The tax is based on a foundational insight of economics, and one you don’t need a PhD to figure out: People are price-sensitive. Raise the price of something for which there are substitutes, and consumers will try to save money by turning to those substitutes.

But when we leave the department of economics and move over to political science, we discover that, rather than choosing a more fuel-efficient car, voters may choose a less pro-carbon tax government. (Or successfully lobby the government to have certain fuels exempted from carbon tax, as happened last fall with home heating oil.) That might include voters who, just a few years ago, were telling pollsters they liked the idea of a carbon tax, and who even today say they want major emissions reductions.

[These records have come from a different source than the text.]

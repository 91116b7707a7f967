// One tiling, without a graph: the port of `get_single_tiling` in the Rust's tiler.rs, with no limit
// and no choice by chance. A board and tiles are given, any numbers in them and tiles with unequal
// numbers of cells too; words are lent, of any length. Nothing is asked of a caller: what can not be
// searched is refused by the numbers of document 01.
//
// What the call answers and leaves in the lent words is a definition of specs/SingleTiling.antt. What
// follows from the contract is on specs/Theorems.antt.
#![tactic(auto)]

ghost use Rattle.std.specs.Prelude.{◌≡◌, ◌/◌, Ok, length};
ghost use Rattle.refusal.specs.Refusal.{map_answer, answer_of};
ghost use Rattle.tiles.specs.Paths.{paths_in};
ghost use Rattle.board.specs.Board.{board_of};
ghost use Rattle.rectangle.specs.Board.{free_count};
ghost use Rattle.single_tiling.specs.SingleTiling.{read_search, GetsSingleTiling};
ghost use Rattle.single_tiling.specs.Inner.{Searches, Walked, single_of};

use board::RectangularBoard;
use cells::list;
use refusal::Refusal;
use tiles::Tiles;

mod descent;
mod fits;
mod sums;

// The boards of a child sequence of one piece or more from the start to a full board, four words
// each, if there is one. The words behind them are zero, and all of them with none and after a
// refusal: 4, 6, 5, and 8 where the words hold fewer than free cells + 1 boards.
pub fn get_single_tiling(
    board: RectangularBoard,
    tiles: Tiles,
    out: &mut [u64],
) -> Result<Option<usize>, Refusal>
    ensures { GetsSingleTiling board tiles out.old out.new result }
{
    let judged = judge(board, tiles, out.len() / 4);
    match judged {
        Ok(free) => Ok(search(board, tiles, free, out)),
        Err(refusal) => {
            list::clear_from(out, 0);
            Err(refusal)
        }
    }
}

// The number of free cells, or a refusal: 4 of the board; 6 and 5 of the tiles; 8 of the room.
fn judge(board: RectangularBoard, tiles: Tiles, room: usize) -> Result<usize, Refusal>
    ensures { answer_of result ≡ map_answer (λ p. free_count p.0) (read_search board tiles room) }
{
    let free = board.free_cells()?;
    tiles.check()?;
    if free < room {
        Ok(free)
    } else {
        Err(Refusal::NoRoom)
    }
}

// The answer where nothing is refused.
fn search(board: RectangularBoard, tiles: Tiles, free: usize, words: &mut [u64]) -> Option<usize>
    requires { Searches board tiles free (length words.old / 4) }
    ensures { GetsSingleTiling board tiles words.old words.new (Ok result) }
{
    let found = walk(board, tiles, free, words);
    match found {
        Some(n) => {
            list::clear_from(words, 4 * n);
            Some(n)
        }
        None => {
            list::clear_from(words, 0);
            None
        }
    }
}

// The walk, where a cell is free and the free cells are a sum of the tiles' numbers of cells; nothing
// is found elsewhere.
fn walk(board: RectangularBoard, tiles: Tiles, free: usize, out: &mut [u64]) -> Option<usize>
    requires { Searches board tiles free (length out.old / 4) }
    ensures { Walked (single_of (board_of board) (paths_in tiles)) 0 out.old out.new result }
{
    if free == 0 {
        return None;
    }
    if !sums::is_sum(tiles, free) {
        return None;
    }
    let single = tiles.contains_single_tile().unwrap();
    descent::descend(board, &tiles, single, out, 0)
}
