// The pieces on a cell of a board, each found by an index, tile i / 33 and its point i % 33, so that
// no level of the walk holds a list of children. Private helpers.
ghost use Rattle.std.specs.Prelude.{◌≡◌, ℕ, ◌*◌, ◌<◌};
ghost use Rattle.tiles.specs.Paths.{paths_in};
ghost use Rattle.board.specs.Board.{board_of};
ghost use Rattle.fit.specs.Parts.{fit_pieces};
ghost use Rattle.single_tiling.specs.Inner.{fit_index, Read, New};

use board::RectangularBoard;
use cells::Cells;
use tiles::Tiles;

// A board, tiles that have been tested, and the cell on which their pieces are put.
#[derive(Clone, Copy, Drop)]
pub struct CellFits<'a> {
    pub board: RectangularBoard,
    pub tiles: &'a Tiles,
    pub cell: usize,
    ghost read: { Read tiles.now },
}

impl<'a> CellFits<'a> {
    // The piece of an index.
    fn fit_at(self, i: usize) -> Option<Cells>
        requires { i < 33 * self.tiles.now.count }
        ensures { fit_pieces result ≡ fit_index (board_of self.entry.board) (paths_in self.entry.tiles.now) self.entry.cell i }
    {
        let tiles = self.tiles;
        let tile = i / 33;
        let from = 32 * tile;
        let end = from + tiles.lens[tile];
        fit::tile_fits_at_position(
            self.board.marks(),
            self.board.width,
            self.board.height,
            &tiles.codes[from..end],
            i % 33,
            self.cell,
        )
    }

    // The piece of an index, unless an index before it has the same.
    pub fn new_fit(self, i: usize) -> Option<Cells>
        requires { i < 33 * self.tiles.now.count }
        ensures { New (fit_index (board_of self.entry.board) (paths_in self.entry.tiles.now) self.entry.cell) i (fit_pieces result) }
    {
        let piece = self.fit_at(i)?;
        for k in 0..i {
            if self.fit_at(k) == Some(piece) {
                return None;
            }
        }
        Some(piece)
    }
}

It’s notable that the one province where carbon pricing is not a lightning rod is Quebec. Carbon pricing there happens through a completely opaque cap-and-trade system. Consumers are paying, but the price is not transparent. Quebec also has no consumer rebates. It’s one possible model for replacing the federal consumer carbon tax.

Another is to ditch consumer-facing carbon pricing, but retain carbon prices and emissions regulations for business. These have costs which are borne by consumers, but are invisible to them.

An analysis from the Canadian Climate Institute, an independent research organization, found that consumer carbon taxes might be responsible for as little as 8 per cent of the country’s emission reductions by 2030. Ditching the tax on gasoline might only be a relatively small environmental negative.

But if the carbon tax disappears, so will the funds for quarterly rebate cheques. That’s why I expect we’ll see some politicians proposing to keep the rebates, without the taxes. Just run up the deficit.

And with the federal NDP now against the consumer carbon tax, might the Trudeau government shift? Or dig in deeper?

And what about the federal Conservatives? With other parties moving towards them, will they double down on their anti-carbon-tax identity, by increasing opposition to other measures that lower emissions but raise the price of gasoline?

The politics of what comes next are just getting started.